//! The freest walk of a bid: of its allowed walks, the first one with the most legs that are not fixed.
ghost use Rattle.std.specs.Prelude.{◌≡◌, ◌≤◌, ◌<◌, slice_get, length, All, Contains, IfOk, MatchOption, IsSomeAnd};
ghost use Rattle.optra_graph.specs.Timed.{IsGraphOf};
ghost use Rattle.optra_node.specs.Nodes.{IsNode};
ghost use Rattle.optra_search.specs.Splits.{IsFree, IsFirstOrNone};
ghost use Rattle.optra_search.specs.Marks.{IsMarkOf, AreMarked, IsFreestOrNone, IsFreeLegOrNone, IsFreestLegOrNone, IsBestWalkOrNone};

use crate::fixing::is_fixed;
use optra_dag::{Weight, first_best};
use optra_graph::{Graphs, TimeGraph};
use optra_network::NoMemory;
use optra_node::{Node, tests_tell_allowed};
use optra_walk::{Instance, Leg, RowFamily, Walk};
use std::alloc::Global;

/// Whether an arc may be taken at the node, and whether it has a leg that is not fixed.
#[derive(Clone, Copy)]
pub(crate) struct ArcMark {
    pub(crate) allowed: bool,
    pub(crate) free: bool,
}

/// The marks of a graph's arcs, by number.
#[derive(Clone, Copy)]
pub(crate) struct Marks<'a> {
    marks: &'a [ArcMark],
}

impl Weight for Marks<'_> {
    ghost use Rattle.std.specs.Prelude.{length};
    ghost use Rattle.optra_search.specs.Splits.{IsFree, IsFirstOrNone};
    ghost use Rattle.optra_search.specs.Marks.{allows_at, weight_at};

    ghost asked = { λ w. length w.marks.now };

    ghost allows = { λ w k. allows_at w.marks.now k };

    ghost weight = { λ w k. weight_at w.marks.now k };

    fn allowed(&self, arc: u32) -> bool {
        self.marks[arc as usize].allowed
    }

    fn of(&self, arc: u32) -> i128 {
        if self.marks[arc as usize].free { 1 } else { 0 }
    }
}

/// The mark of an arc.
fn mark<F: RowFamily>(
    inst: Instance<'_>,
    rows: &F,
    node: &Node,
    bid: u32,
    graph: &TimeGraph,
    arc: u32,
) -> ArcMark
    requires node { IsNode inst.net.now (length inst.bids.now) node.now }
    requires graph { IsSomeAnd (slice_get inst.bids.now bid) (λ b. IsGraphOf inst.net.now b.path
        graph.now) }
    requires arc { arc < length graph.now.dag.arcs }
    ensures { IsMarkOf inst.entry.net.now (F.rows_of rows.now inst.entry.net.now)
        inst.entry.bids.now node.now bid graph.now arc result }
{
    if let Some(leg) = graph.leg(arc) {
        return ArcMark {
            allowed: node.leg_ok(inst, rows, bid, leg),
            free: !is_fixed(node, bid, leg),
        };
    }
    let allowed = match graph.start(arc) {
        Some(minute) => node.start_ok(inst, bid, minute),
        None => false,
    };
    ArcMark {
        allowed,
        free: false,
    }
}

/// The marks of all arcs of the bid's graph.
fn mark_all<F: RowFamily>(
    alloc: Global,
    inst: Instance<'_>,
    rows: &F,
    node: &Node,
    bid: u32,
    graph: &TimeGraph,
) -> Result<Vec<ArcMark>, NoMemory>
    requires node { IsNode inst.net.now (length inst.bids.now) node.now }
    requires graph { IsSomeAnd (slice_get inst.bids.now bid) (λ b. IsGraphOf inst.net.now b.path
        graph.now) }
    ensures { IfOk result (λ marks. AreMarked inst.entry.net.now
        (F.rows_of rows.now inst.entry.net.now) inst.entry.bids.now node.now bid graph.now
        (length graph.now.dag.arcs) marks.items) }
{
    let count = graph.dag().arcs();
    let mut marks = Vec::with_capacity(alloc, count as usize)?;
    for arc in 0..count {
        marks.push(mark(inst, rows, node, bid, graph, arc))?;
    }
    Ok(marks)
}

/// The walk of the first path of allowed arcs with the most free ones. `None` where there is no such path.
fn best_walk(alloc: Global, graph: &TimeGraph, marks: &[ArcMark]) -> Result<Option<Walk>, NoMemory>
    requires { length graph.now.dag.arcs ≤ length marks.now }
    ensures { IfOk result (λ walk. IsBestWalkOrNone graph.now marks.now walk) }
{
    let weight = Marks { marks };
    match first_best(alloc, graph.dag(), &weight)? {
        Some((_, path)) => Ok(Some(graph.walk_of(alloc, &path)?)),
        None => Ok(None),
    }
}

/// Of the bid's allowed walks, the first one in walk order with the most legs that are not fixed. `None` where no walk is
/// allowed.
fn freest<F: RowFamily>(
    alloc: Global,
    inst: Instance<'_>,
    rows: &F,
    node: &Node,
    bid: u32,
    graph: &TimeGraph,
) -> Result<Option<Walk>, NoMemory>
    requires node { IsNode inst.net.now (length inst.bids.now) node.now }
    requires graph { IsSomeAnd (slice_get inst.bids.now bid) (λ b. IsGraphOf inst.net.now b.path
        graph.now) }
    ensures { IfOk result (λ walk. IsSomeAnd (slice_get inst.entry.bids.now bid)
        (λ b. IsFreestOrNone inst.entry.net.now (F.rows_of rows.now inst.entry.net.now)
        inst.entry.bids.now node.now bid b walk)) }
{
    tests_tell_allowed(inst, rows);
    let marks = mark_all(alloc, inst, rows, node, bid, graph)?;
    let walk = best_walk(alloc, graph, &marks)?;
    Ok(walk)
}

/// The first of the bid's legs that is not fixed.
pub(crate) fn first_free(node: &Node, bid: u32, legs: &[Leg]) -> Option<Leg>
    ensures { IsFirstOrNone (IsFree node.now bid) legs.now result }
{
    for leg in legs {
        if !is_fixed(node, bid, *leg) {
            return Some(*leg);
        }
    }
    None
}

/// The first leg that is not fixed of the bid's freest walk.
fn free_leg<F: RowFamily>(
    alloc: Global,
    inst: Instance<'_>,
    rows: &F,
    node: &Node,
    bid: u32,
    graph: &TimeGraph,
) -> Result<Option<Leg>, NoMemory>
    requires node { IsNode inst.net.now (length inst.bids.now) node.now }
    requires graph { IsSomeAnd (slice_get inst.bids.now bid) (λ b. IsGraphOf inst.net.now b.path
        graph.now) }
    ensures { IfOk result (λ leg. IsSomeAnd (slice_get inst.entry.bids.now bid)
        (λ b. IsFreeLegOrNone inst.entry.net.now (F.rows_of rows.now inst.entry.net.now)
        inst.entry.bids.now node.now bid b leg)) }
{
    match freest(alloc, inst, rows, node, bid, graph)? {
        Some(walk) => Ok(first_free(node, bid, &walk.legs)),
        None => Ok(None),
    }
}

/// For the first bid that has an allowed walk with a leg that is not fixed, its number and the first such leg of its
/// freest walk. `None` where no bid has such a walk.
pub(crate) fn freest_leg<F: RowFamily, G: Graphs>(
    alloc: Global,
    inst: Instance<'_>,
    graphs: &G,
    rows: &F,
    node: &Node,
) -> Result<Option<(u32, Leg)>, NoMemory>
    requires network { G.network graphs.now ≡ inst.net.now }
    requires held { All (λ bid. Contains (G.held graphs.now) bid.path) inst.bids.now }
    requires node { IsNode inst.net.now (length inst.bids.now) node.now }
    ensures { IfOk result (λ found. IsFreestLegOrNone inst.entry.net.now
        (F.rows_of rows.now inst.entry.net.now) inst.entry.bids.now node.now found) }
{
    for (number, bid) in inst.bids.iter().enumerate() {
        let number = number as u32;
        match free_leg(alloc, inst, rows, node, number, graphs.graph(bid))? {
            Some(leg) => return Ok(Some((number, leg))),
            None => continue,
        }
    }
    Ok(None)
}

_WORK TO COMPLETE:_ Pull each line that includes the word "where" out of the material above.

_EXPECTED ANSWER:_
/// The walk of the first path of allowed arcs with the most free ones. `None` where there is no such path.
/// Of the bid's allowed walks, the first one in walk order with the most legs that are not fixed. `None` where no walk is
/// freest walk. `None` where no bid has such a walk.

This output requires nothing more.